#### Task item
Pick out each line of the records in which the word "squares" appears.

Source data
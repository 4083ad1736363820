//! Games that are analysed. What is written of them is what plain minimax, `hostile/minimax.py`, gives.

use super::{NO_FAILURE, settings, walk};
use oth_rules::Scoring;
use oth_words::{Command, Settings};
use std::process::Abort;
use std::sync::Wait;
use std::thread::Threads;

// Games, and what `Analyse` writes of the moves from 8 empty squares on, under either scoring.
const ANALYSED: [(&[u8], &[u8]); 11] = [
    (
        b"f5f6c4f4g7b4f3h8e6f7e7d6c5f2c3d2b2a1g4e8g6b5e2g5a4d7e1b3a3e3g2c2h6f1b1h1f8h3h5g3h2d8g1a2d1c1c6b7c8\
          h7h4a5d3c7b6a8a7g8b8a6\n",
        b"1 53 X d3 +12 +12 d3\n1 54 O pass -12 -12 pass\n1 54 X c7 +4 +12 a8\n1 55 O b6 -4 -4 b6\n\
          1 56 X a8 +0 +4 a7\n1 57 O a7 +0 +0 a7\n1 58 X g8 -6 +0 a6\n1 59 O b8 +6 +6 b8\n\
          1 60 X a6 -6 -6 a6\n1 lost X 18 O 0\n",
    ),
    (
        b"f5f6c4f4g7b4f3h8e6f7e7d6c5f2c3d2b2a1g4e8g6b5e2g5a4d7e1b3a3e3g2c2h6f1b1h1f8h3h5g3h2d8g1a2d1c1c6b7c8\
          h7h4a5d3c7b6a\n",
        b"1 53 X d3 +12 +12 d3\n1 54 O pass -12 -12 pass\n1 54 X c7 +4 +12 a8\n1 55 O b6 -4 -4 b6\n\
          1 error 1\n1 lost X 8 O 0\n",
    ),
    (
        b"f5f6c4f4g7b4f3h8e6f7e7d6c5f2c3d2b2a1g4e8g6b5e2g5a4d7e1b3a3e3g2c2h6f1b1h1f8h3h5g3h2d8g1a2d1c1c6b7c8\
          h7h4a5d3a1c7b6a8a7g8b8a6\n",
        b"1 53 X d3 +12 +12 d3\n1 54 O pass -12 -12 pass\n1 error 3 at 54\n1 lost X 0 O 0\n",
    ),
    (
        b"f5f6c4f4g7b4f3h8e6f7e7d6c5f2c3d2b2a1g4e8g6b5e2g5a4d7e1b3a3e3g2c2h6f1b1h1f8h3h5g3h2d8g1a2d1c1c6b7c8\
          h7h4a5d3c7b6a8a7g8b8a6a1\n",
        b"1 53 X d3 +12 +12 d3\n1 54 O pass -12 -12 pass\n1 54 X c7 +4 +12 a8\n1 55 O b6 -4 -4 b6\n\
          1 56 X a8 +0 +4 a7\n1 57 O a7 +0 +0 a7\n1 58 X g8 -6 +0 a6\n1 59 O b8 +6 +6 b8\n\
          1 60 X a6 -6 -6 a6\n1 error 4 at 61\n1 lost X 18 O 0\n",
    ),
    (
        b"f5f6c4f4g7b4f3h8e6f7e7d6c5f2c3d2b2a1g4e8g6b5e2g5a4d7e1b3a3e3g2c2h6f1b1h1f8h3h5g3h2d8g1a2d1c1c6b7c8\
          h7h4a5d3c7i9\n",
        b"1 53 X d3 +12 +12 d3\n1 54 O pass -12 -12 pass\n1 54 X c7 +4 +12 a8\n1 error 2 at 55\n1 lost X 8 O 0\n",
    ),
    (b"\n", b"1 lost X 0 O 0\n"),
    (
        b"--OXOOO-OOOOOOOOOOOOOOOOOOOOOOOOOOOOOOOOOOOOOOOOOOOOOOOOOOOOOOOO X\n",
        b"1 lost X 0 O 0\n",
    ),
    (
        b"--OXOOO-OOOOOOOOOOOOOOOOOOOOOOOOOOOOOOOOOOOOOOOOOOOOOOOOOOOOOOOO Y h1\n",
        b"1 error 4\n1 lost X 0 O 0\n",
    ),
    (
        b"--OXOOO-OOOOOOOOOOOOOOOOOOOOOOOOOOOOOOOOOOOOOOOOOOOOOOOOOOOOOOOO X \n",
        b"1 lost X 0 O 0\n",
    ),
    (b"-\n", b"1 error 1\n1 lost X 0 O 0\n"),
    (b"f5d6\n", b"1 lost X 0 O 0\n"),
];

// Games whose scores the empty squares at the end change, and what `Analyse` writes by winner and by discs.
const ANALYSED_BY_EACH: [(&[u8], &[u8], &[u8]); 4] = [
    (
        b"--OXOOO-OOOOOOOOOOOOOOOOOOOOOOOOOOOOOOOOOOOOOOOOOOOOOOOOOOOOOOOO X h1b1\n",
        b"1 58 X h1 -50 -50 h1\n1 59 O pass +50 +50 pass\n1 59 X b1 -50 -50 b1\n1 lost X 0 O 0\n",
        b"1 58 X h1 -49 -49 h1\n1 59 O pass +49 +49 pass\n1 59 X b1 -49 -49 b1\n1 lost X 0 O 0\n",
    ),
    (
        b"--OXOOO-OOOOOOOOOOOOOOOOOOOOOOOOOOOOOOOOOOOOOOOOOOOOOOOOOOOOOOOO O\n",
        b"1 58 O pass +50 +50 pass\n1 lost X 0 O 0\n",
        b"1 58 O pass +49 +49 pass\n1 lost X 0 O 0\n",
    ),
    (
        b"--OXOOO-OOOOOOOOOOOOOOOOOOOOOOOOOOOOOOOOOOOOOOOOOOOOOOOOOOOOOOOO X b1h1\n",
        b"1 58 X b1 -64 -50 h1\n1 error 23 at 2\n1 lost X 14 O 0\n",
        b"1 58 X b1 -63 -49 h1\n1 error 23 at 2\n1 lost X 14 O 0\n",
    ),
    (
        b"--OXOOO-OOOOOOOOOOOOOOOOOOOOOOOOOOOOOOOOOOOOOOOOOOOOOOOOOOOOOOOO X h1b1111111111111111111111111111\
          11111111111111111111111111111111111111111111111111111111111111111111111111111111111111111111111111\
          11111111111111111111111111111111111111111111111111111111111111111111111111111111111111111111111111\
          11111111111111111111111111111111111111111111111111111111111111111111111111111111111111111111111111\
          111111111111111111111111111111111111111111111111111111111111111111111111111111\n",
        b"1 58 X h1 -50 -50 h1\n1 59 O pass +50 +50 pass\n1 59 X b1 -50 -50 b1\n1 error 21\n1 lost X 0 O 0\n",
        b"1 58 X h1 -49 -49 h1\n1 59 O pass +49 +49 pass\n1 59 X b1 -49 -49 b1\n1 error 21\n1 lost X 0 O 0\n",
    ),
];

// Analyses the line by itself, a byte a read and a byte a write, by one worker, by two, and without a table.
fn check_game<R: Wait + Threads + Sync + AllocGlobal + Abort>(
    rt: &R,
    scoring: Scoring,
    line: &[u8],
    report: &[u8],
) {
    for (workers, cells) in [(1, 1024), (2, 64), (1, 0)] {
        let settings = Settings {
            workers,
            cells,
            ..settings(Command::Analyse(8), scoring)
        };
        let done = walk(rt, &settings, line, NO_FAILURE, NO_FAILURE);
        assert!(rt; done.result == Ok(()));
        assert!(rt; done.writer.taken() == report);
    }
}

#[test]
fn analyses_each_game(rt: HostRuntime) {
    for (line, report) in ANALYSED {
        check_game(&rt, Scoring::Winner, line, report);
        check_game(&rt, Scoring::Discs, line, report);
    }
}

#[test]
fn analyses_games_by_winner_and_by_discs(rt: HostRuntime) {
    for (line, by_winner, by_discs) in ANALYSED_BY_EACH {
        check_game(&rt, Scoring::Winner, line, by_winner);
        check_game(&rt, Scoring::Discs, line, by_discs);
    }
}

// The last line has no byte 10, and empty lines count.
#[test]
fn games_have_the_numbers_of_their_lines(rt: HostRuntime) {
    let settings = settings(Command::Analyse(1), Scoring::Winner);
    let done = walk(&rt, &settings, b"\n\nf5d6\nf5d", NO_FAILURE, NO_FAILURE);
    assert!(rt; done.result == Ok(()));
    assert!(rt;
        done.writer.taken()
            == b"1 lost X 0 O 0\n2 lost X 0 O 0\n3 lost X 0 O 0\n4 error 1\n4 lost X 0 O 0\n".as_slice()
    );
}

#### Output for this exercise
// Games, and what `Analyse` writes of the moves from 8 empty squares on, under either scoring.
// Games whose scores the empty squares at the end change, and what `Analyse` writes by winner and by discs.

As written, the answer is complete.